And the children shall lead us

Photo by Edward Cisneros

I am really working hard to avoid feeling hungover at the end of this school year.  It’s been a long year for me that involved a lot of hurdle jumping, dart dodging, problem solving, traffic directing, and celebrating of milestones in the lives of students and campus partners. Last week we began the end of year celebrations that usher in the four commencement experiences soon to come.  At the celebration this week, there were student presenters who inspired me to continue the work of student development and to remain hopeful in the limitless potential of the students served on my campus.  The program was designed to celebrate amazing accomplishments of some first generation college students and bring attention to significant contributions made by these students in our campus and local communities.  However, I got a little distracted about fifteen minutes into the event by two little people hanging out one section over from me.  They were a section over and parallel to me because they were on the same row.  One little one stood on his mother’s lap and the other stood in the chair next to mom.  For about an hour, these little people cheered enthusiastically and excitedly for each student who took a celebratory stroll across the stage.  If I didn’t know better, I would have believed these little ones were related to each of the soon-to-be college graduates.
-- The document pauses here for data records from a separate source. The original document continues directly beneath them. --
ghost use Rattle.std.specs.Prelude.{◌≡◌, ◌↔◌, [], Some, None, IsTrue, IfSome, IfNone, IfOk, IfErr, OnOk, OnErr, is_some, option_copied};
ghost use Rattle.spg_rows.specs.Table.{entry_in, entry_with, SetsEntry};
ghost use Rattle.spg_rows.specs.Run.{IsAt, IsBehind};

use crate::table::{RowEntry, Stand};
use spg_base::{Memory, Row};
use spg_opclass::OpClass;
use std::alloc::Global;
use std::cmp::Ordering;
use std::marker::Model;

/// Entries in ascending order of their rows: a new one goes behind all others.
#[derive(Drop)]
pub(crate) struct Run<O: OpClass> {
    entries: Vec<(Row, RowEntry<O>)>,
    /// Where the rows of each block begin, from the first row's block on: hints, by which a row is
    /// looked for first.
    starts: Vec<usize>,
}

impl<O: OpClass> Model for Run<O> {
    ghost use Rattle.spg_rows.specs.Table.{Table};
    ghost use Rattle.spg_rows.specs.Run.{Rises};

    ghost Value = { Table O O.Key O.Recon O.Cond };

    ghost view = { λ r. r.entries.items };

    ghost invariant = { λ r. Rises r.entries.items };
}

impl<O: OpClass> Run<O> {
    /// No entries.
    pub fn new(alloc: Global) -> Run<O>
        ensures { result ≡ [] }
    {
        Run {
            entries: Vec::new(alloc),
            starts: Vec::new(alloc),
        }
    }

    /// Takes room for so many more entries, where it is to be had.
    pub fn expect(&mut self, count: usize)
        ensures { self.new ≡ self.old }
    {
        let _ = self.entries.reserve(count);
    }

    /// Where a row stands whose block has a hint and has no row left out before it.
    fn hint(&self, row: Row) -> Option<usize> {
        let first = self.entries.first()?.0.block();
        let block = row.block().checked_sub(first)?;
        let start = *self.starts.get(block as usize)?;
        let offset = self.entries.get(start)?.0.offset();
        start.checked_add(row.offset().checked_sub(offset)? as usize)
    }

    /// Where the row stands, if it stands where the hint says.
    fn hinted(&self, row: Row) -> Option<usize>
        ensures { IfSome result (IsAt self.now row) }
    {
        let at = self.hint(row)?;
        if self.entries.get(at)?.0 == row {
            Some(at)
        } else {
            None
        }
    }

    /// Notes where the rows of a block begin, if each block between the first row's and this one has a
    /// hint. Where there is no memory, nothing is noted.
    fn note(&mut self, block: u32, at: usize)
        ensures { self.new ≡ self.old }
    {
        let Some(first) = self.entries.first() else {
            return;
        };
        let Some(since) = block.checked_sub(first.0.block()) else {
            return;
        };
        if since as usize == self.starts.len() {
            let _ = self.starts.push(at);
        }
    }

    /// Where the row stands, or would stand.
    fn search(&self, row: Row) -> Result<usize, usize>
        ensures found { IfOk result (IsAt self.now row) }
        ensures absent { IfErr result (λ _. entry_in self.now row ≡ None) }
    {
        self.entries.binary_search_by_key(&row, |entry| entry.0)
    }

    /// Where the row stands. The last one is looked at first, since most calls are about it.
    fn place(&self, row: Row) -> Option<usize>
        ensures at { IfSome result (IsAt self.now row) }
        ensures none { IfNone result (entry_in self.now row ≡ None) }
    {
        match self.entries.last() {
            Some(last) => match last.0.cmp(&row) {
                Ordering::Less => None,
                Ordering::Equal => Some(self.entries.len() - 1),
                Ordering::Greater => match self.hinted(row) {
                    Some(at) => Some(at),
                    None => self.search(row).ok(),
                },
            },
            None => None,
        }
    }

    /// The entry of a row.
    pub fn get(&self, row: Row) -> Option<&RowEntry<O>>
        ensures { option_copied result ≡ entry_in self.now row }
    {
        match self.place(row) {
            Some(at) => Some(&self.entries[at].1),
            None => None,
        }
    }

    /// Whether the row is above all others.
    pub fn is_behind(&self, row: Row) -> bool
        ensures { IsTrue result ↔ IsBehind self.now row }
    {
        match self.entries.last() {
            Some(last) => match last.0.cmp(&row) {
                Ordering::Less => true,
                Ordering::Equal | Ordering::Greater => false,
            },
            None => true,
        }
    }

    /// Adds an entry at the end.
    pub fn push(&mut self, row: Row, entry: RowEntry<O>) -> Result<(), Memory>
        requires { IsBehind self.old row }
        ensures ok { OnOk result (SetsEntry self.old self.new row (Some entry)) }
        ensures err { OnErr result (self.new ≡ self.old) }
    {
        let at = self.entries.len();
        self.entries.push((row, entry))?;
        self.note(row.block(), at);
        Ok(())
    }

    /// Puts an entry in place of the row's, or gives it back where the row has none.
    pub fn replace(&mut self, row: Row, entry: RowEntry<O>) -> Option<RowEntry<O>>
        ensures taken { IfNone result (SetsEntry self.old self.new row (Some entry)) }
        ensures back { IfSome result (λ back. (back ≡ entry) × (self.new ≡ self.old) × (entry_in self.old row ≡ None)) }
    {
        match self.place(row) {
            Some(at) => {
                self.entries[at] = (row, entry);
                None
            }
            None => Some(entry),
        }
    }

    /// Sets the state in the entry of a row. False exactly where the row has none.
    pub fn set_stand(&mut self, row: Row, stand: Stand) -> bool
        ensures found { result ≡ is_some (entry_in self.old row) }
        ensures set { SetsEntry self.old self.new row (entry_with stand (entry_in self.old row)) }
    {
        match self.place(row) {
            Some(at) => {
                self.entries[at].1.stand = stand;
                true
            }
            None => false,
        }
    }

    /// Takes the entry of a row away, where it has one.
    pub fn remove(&mut self, row: Row)
        ensures { SetsEntry self.old self.new row None }
    {
        if let Some(at) = self.place(row) {
            self.entries.remove(at);
        }
    }
}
During the celebration, a number of us watched and laughed as the oldest boy bounced on the seat of his chair and the younger boy bounced on his mother’s lap after the announcer called the name of a graduate.  Both boys patted their hands together and their faces beamed with joy and happiness with every name called.  I couldn’t tell if there was an audible cheerful expression, but I imagined that they vocalized a “Yay!” or a “Whooo!” every time they clapped.  I remembered why I loved little kids and why that time in life was so special and worthy of preservation.  After the event, I learned that these children were the sons of a colleague.  By the time I was introduced to the little ones, they were running out of steam and growing a bit weary of this adult-like affair.  I got it because I sort of felt the same way by 8pm on what had become a twelve hour work day for me.

I told the colleague and his wife what a joy it was to watch the boys throughout the celebration.  We also discussed the joys of having young children even when they become disgruntled with grownups who make them stay awake beyond their bedtimes.  We laughed about the not-so-joyful experience of little ones waking up in the middle of the night wanting comfort, dryness, or assurance after a bad dream.  In rebuttal to their stories of parental anguish due to the late night or early morning cries for attention, I warned them that my greater concern as a parent became not knowing where my children were late at night or during early morning hours once my children got too grown to live at home.

A few days later I thought about the little boys while I was talking a few other colleagues about ego and pride being barriers for collaborative partnerships.  It seemed that the little boys demonstrated the possibilities when the environment was free of large egos and senseless pride.  I thought about how nice it would be if that selfless part of the little boys that found joy in celebrating others outlived puberty.  I thought that it would be nice if folks who saw value in excellent partnership would gladly donate their great ideas and resources to a community without any concern about who got the credit for the ideas or the outcomes.  I thought it would cool if we, like the little boys, had boundless energy for uplifting and applauding the successes of others who worked hard to reach the goals they set for themselves.  How much more positive and productive would this world be if we spent more time infusing smiles, laughter, and verbal affirmations into our spaces than words and deeds that spew negative vibes and judgment?  I don’t really think that kind of energy would be measurable, but who cares about the exactness of happiness.  After watching the little boys, I was reminded that I didn’t count the number of bounces, hand claps, or smiles.  I just appreciated their laughs, bounces, and smiles.  Their gleeful expressions were contagious and in good way and I hoped that they would continue making me smile from the inside out.

Be intentional about your word choices and your actions.  Be intentional about avoiding prohibitive language, words that judge or shame, and actions that polarize your community.  Be intentional about doing things and saying words that encourage fence mending, community building, and motivational affirmations.  When you struggle to find something to make you smile or laugh, think about the little boys you imagined as you read this post.  Let that vision move you to clear your head of any nonsense.  In that moment, you should find peace and stillness long enough to make a decision to create a positive vibe in your space.  Work to create those kind of moments for yourself or others every day this week.  I promise I will make that my week long mission too.